We review the definition of bulk and boundary conformal field theory in a way suited for logarithmic conformal field theory. The notion of a maximal bulk theory which can be non-degenerately joined to a boundary theory is defined. The purpose of this construction is to obtain the more complicated bulk theories from simpler boundary theories. We then describe the algebraic counterpart of the maximal bulk theory, namely the so-called full centre of an algebra in an abelian braided monoidal category. Finally, we illustrate the previous discussion in the example of the W 2,3-model with central charge 0.

Notes

Acknowledgements

This paper is based on talks given by IR at the conferences Conformal field theories and tensor categories (13–17 June 2011, Beijing) and Logarithmic CFT and representation theory (3–7 October 2011, Paris). IR thanks the Beijing International Center for Mathematical Research at Peking University and the Centre Emile Borel at the Institut Henri Poincare in Paris for hospitality during one month stays around these conferences.

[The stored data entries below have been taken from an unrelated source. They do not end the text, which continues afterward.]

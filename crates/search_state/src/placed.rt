//! The trail, with the place of each variable on it.
ghost use Rattle.std.specs.Prelude.{◌≡◌, ◌<◌, ◌≤◌, [], ◌∷◌, ◌++◌, length, take, List, IfOk, OnOk, slice_set, true};
ghost use Rattle.search_base.specs.Trails.{Keeps};
ghost use Rattle.search_state.specs.Watches.{IsTrail};
ghost use Rattle.sat_check.specs.declared.clause.Clause.{Clause as OneClause};

use sat_check::Lit;
use search_base::Trail;
use std::alloc::{AllocError, Global};

/// The trail, and the place of the step at which each variable last got a value.
#[derive(Drop)]
pub struct PlacedTrail {
    pub trail: Trail,
    pub places: Vec<usize>,
}

impl PlacedTrail {
    /// No variable has a value.
    pub fn new(alloc: Global, variables: u32) -> Result<PlacedTrail, AllocError>
        ensures len { IfOk result (λ it. length it.trail.slots.items ≡ variables) }
        ensures steps { IfOk result (λ it. it.trail.steps.items ≡ []) }
        ensures trail { IfOk result (λ it. (known : List OneClause) → IsTrail known it) }
    {
        let trail = Trail::new(alloc, variables)?;
        let places = vec![in alloc; 0; variables as usize]?;
        Ok(PlacedTrail { trail, places })
    }

    /// Makes a literal false.
    pub fn assign(&mut self, falsified: Lit, reason: Option<u32>) -> Result<(), AllocError>
        requires below { falsified.variable < length self.old.trail.slots.items }
        requires places { length self.old.places.items ≡ length self.old.trail.slots.items }
        ensures steps { OnOk result (self.new.trail.steps.items ≡ self.old.trail.steps.items ++ (record { falsified = falsified; reason = reason }) ∷ []) }
        ensures slots { OnOk result (self.new.trail.slots.items ≡ slice_set self.old.trail.slots.items falsified.variable (record { assigned = true; positive = falsified.positive })) }
        ensures places { OnOk result (self.new.places.items ≡ slice_set self.old.places.items falsified.variable (length self.old.trail.steps.items)) }
    {
        self.places[falsified.variable as usize] = self.trail.steps.len();
        self.trail.assign(falsified, reason)?;
        Ok(())
    }

    /// Takes back all steps but the first so many.
    pub fn cut(&mut self, count: usize)
        requires trail { (known : List OneClause) × IsTrail known self.old }
        requires within { count ≤ length self.old.trail.steps.items }
        ensures len { length self.new.trail.slots.items ≡ length self.old.trail.slots.items }
        ensures steps { self.new.trail.steps.items ≡ take count self.old.trail.steps.items }
        ensures trail { (known : List OneClause) → IsTrail known self.old → IsTrail known self.new }
    {
        self.trail.cut(count);
    }
}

MRG and SW thank the Centre Emile Borel for hospitality during the second conference. The authors thank Alexei Davydov, Jürgen Fuchs, Azat Gainutdinov, Jérôme Germoni, Antun Milas, Victor Ostrik, Hubert Saleur, Christoph Schweigert, Alexei Semikhatov and Carl Stigner for helpful discussions. The research of MRG is supported in part by the Swiss National Science Foundation. IR is partially supported by the Collaborative Research Centre 676 ‘Particles, Strings and the Early Universe—the Structure of Matter and Space-Time’. SW is supported by the SNSF scholarship for prospective researchers and by the World Premier International Research Center Initiative (WPI Initiative), MEXT, Japan.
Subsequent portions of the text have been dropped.